Adapted by Matthew Michael Carnahan and Matthew Sand from the New York Times‘ account of “Deepwater Horizon’s Final Hours,” the film applies its ferocious energies to recreating the blowout, explosion, and conflagration that engulfed the rig on April 20, 2010, killing 11, injuring 17, and causing the largest oil spill in U.S. history. From this intent focus on the mechanics of catastrophe—on annular failures and magenta alarms, the storm of steel and forest of flame erupting into the Southern sky—Berg elicits terrific suspense; even the near-silent seep of oil into the drill room is frightening, the first buck of the geological bronco below the surface. As the disaster intensifies, Deepwater Horizon offers a white-knuckle reminder that our thirst for natural resources requires wrangling with the might of the Earth: A dangerous business, indeed.
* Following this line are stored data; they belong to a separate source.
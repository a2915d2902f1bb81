//! A node as it is to be written, and where its label is.
ghost use Rattle.std.specs.Prelude.{◌≡◌, ◌+◌, ◌<◌, ℕ, List, Some, None, length};
ghost use Rattle.std.specs.Prelude.{IfSome, vec_len, vec_capacity, slice_get, ◌++◌, ◌∷◌, []};
ghost use Rattle.std.specs.Vec.{with_item};
ghost use Rattle.patricia_store.specs.Internal.Packing.{most, packed};
ghost use Rattle.patricia_store.specs.Internal.Heads.{head_of};
ghost use Rattle.patricia_store.specs.Internal.Labels.{label_in, IsSpan};
ghost use Rattle.patricia_store.specs.Internal.Bodies.{span_in, value_in, body_of};
ghost use Rattle.patricia_store.specs.Internal.Stores.{IsSound};

use crate::body::Body;
use crate::head::{Head, LONG};
use crate::labels::{Labels, Span};
use crate::packed::Packed;

/// Where the label is of a node with this head and this body.
pub fn span_of<V>(head: Head, body: &Body<V>) -> Span
    ensures { (next : ℕ) (bytes : List ℕ) → IsSound next head body.now bytes
        → result ≡ span_in body.now }
{
    match head.leaf_offset() {
        Some(offset) if head.short_len() < LONG => Span {
            len: head.short_len() as u8,
            offset,
        },
        _ => body.span(),
    }
}

/// The length of the label of a node with this body.
pub fn label_len<V>(body: &Body<V>, labels: &Labels) -> usize
    requires { IsSpan labels.now.items (span_in body.now) }
    ensures { result ≡ length (label_in labels.now.items (span_in body.now)) }
{
    labels.get(body.span()).len()
}

/// Where the label is of a node with this body, if it is to have no child.
pub fn offset_of<V>(child: Option<usize>, body: &Body<V>) -> Packed
    ensures { child ≡ None → result ≡ (span_in body.now).offset }
{
    match child {
        None => body.span().offset,
        Some(_) => Packed::new(0),
    }
}

/// What a node is to be.
pub struct Draft<V> {
    pub span: Span,
    pub child: Option<usize>,
    pub sibling: Option<usize>,
    pub value: Option<V>,
}

/// Puts another node at a number, and returns the value of the one that was there.
pub fn write<V>(
    heads: &mut Vec<Head>,
    bodies: &mut Vec<Body<V>>,
    labels: &Labels,
    id: usize,
    node: Draft<V>,
) -> Option<V>
    requires in_heads { id < vec_len heads.old }
    requires in_bodies { id < vec_len bodies.old }
    requires span { IsSpan labels.now.items node.span }
    requires child { IfSome node.child (λ n. n < most + 1) }
    requires sibling { IfSome node.sibling (λ n. n < most + 1) }
    ensures heads { heads.new ≡ with_item heads.old id (head_of (id + 1) node.child node.sibling
        (label_in labels.now.items node.span) node.span.offset) }
    ensures bodies { bodies.new ≡ with_item bodies.old id (body_of node.span node.value) }
    ensures value { (b : Body V) → slice_get bodies.old.items id ≡ Some b
        → result ≡ value_in b }
{
    let Draft {
        span,
        child,
        sibling,
        value,
    } = node;
    let label = labels.get(span);
    heads[id] = Head::new(id + 1, child, sibling, label, span.offset);
    bodies[id].replace(span, value)
}

/// Adds a node behind the last. Does not allocate.
pub fn push<V>(heads: &mut Vec<Head>, bodies: &mut Vec<Body<V>>, labels: &Labels, node: Draft<V>)
    requires in_heads { vec_len heads.old < vec_capacity heads.old }
    requires in_bodies { vec_len bodies.old < vec_capacity bodies.old }
    requires span { IsSpan labels.now.items node.span }
    requires child { IfSome node.child (λ n. n < most + 1) }
    requires sibling { IfSome node.sibling (λ n. n < most + 1) }
    ensures heads { heads.new.items ≡ heads.old.items ++ head_of (vec_len heads.old + 1) node.child
        node.sibling (label_in labels.now.items node.span) node.span.offset ∷ [] }
    ensures bodies { bodies.new.items ≡ bodies.old.items ++ body_of node.span node.value ∷ [] }
    ensures heads_capacity { vec_capacity heads.new ≡ vec_capacity heads.old }
    ensures bodies_capacity { vec_capacity bodies.new ≡ vec_capacity bodies.old }
{
    let Draft {
        span,
        child,
        sibling,
        value,
    } = node;
    let label = labels.get(span);
    let next = heads.len() + 1;
    heads.push_reserved(Head::new(next, child, sibling, label, span.offset));
    bodies.push_reserved(Body::new(span, value));
}

/// Adds a node without label, value and links behind the last. Does not allocate.
pub fn push_blank<V>(heads: &mut Vec<Head>, bodies: &mut Vec<Body<V>>)
    requires in_heads { vec_len heads.old < vec_capacity heads.old }
    requires in_bodies { vec_len bodies.old < vec_capacity bodies.old }
    ensures heads { heads.new.items
        ≡ heads.old.items ++ head_of (vec_len heads.old + 1) None None [] (packed 0) ∷ [] }
    ensures bodies { bodies.new.items
        ≡ bodies.old.items ++ body_of (record { len = 0; offset = packed 0 }) None ∷ [] }
    ensures heads_capacity { vec_capacity heads.new ≡ vec_capacity heads.old }
    ensures bodies_capacity { vec_capacity bodies.new ≡ vec_capacity bodies.old }
{
    let offset = Packed::new(0);
    heads.push_reserved(Head::new(heads.len() + 1, None, None, &[], offset));
    bodies.push_reserved(Body::new(Span { len: 0, offset }, None));
}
It’s the film’s first act, however, that clarifies—and perhaps cautions against—Berg’s penchant for simplification, which in the unrelenting action of the film’s final two-thirds comes across as efficient, unmannered. As Williams, rig captain Jimmy Harrell (Kurt Russell), and helmswoman Andrea Freytas (Gina Rodriguez) begin their 21-day shift aboard, Deepwater Horizon confronts the corner-cutting that led the blowout by condensing the acquisitive negligence of British Petroleum into a single figure, Don Vidrine (the matchless John Malkovich), excising the arm-twisting of the corporation’s onshore officials altogether. Lacing his leisurely Cajun drawl with smiling, soft-spoken malice, Malkovich’s Vidrine is a scintillating villain, making magic with a blue marker and the words “bladder effect,” but the film’s reductive aspect undermines its otherwise admirable attention to BP’s malfeasance. “Hope ain’t a tactic, Don,” Williams says of the push to move on from “well from Hell,” but the abridgement of important details, in a film that purports to apprise a wide audience of the Deepwater Horizon’s fate for the first time, is a suspect technique of its own.
Still, Deepwater Horizon balances the occasional factual error or flat character—including Williams’ wife, Felicia (Kate Hudson), left to fret at home as news of the explosion trickles in—with its convincing rendition of the rig’s terse patois, and ultimately with its lean, absorbing approach to the sheer terror of the experience. Piecing together pressure gauges, sudden surges of mud, and the sound of shrapnel whistling through water, Berg constructs a film in which the end of the world is not the only momentous occurrence. For those dwarfed by the towering fire, and indeed those consumed by it, the destruction of the Deepwater Horizon was no less significant for being confined to a platform in the Gulf of Mexico. Deepwater Horizon might be said to reflect the lesson Hollywood, in the course of this dreadful summer, seemed to have forgotten: It’s the scale we can comprehend—the human scale—that often produces the most powerful filmmaking.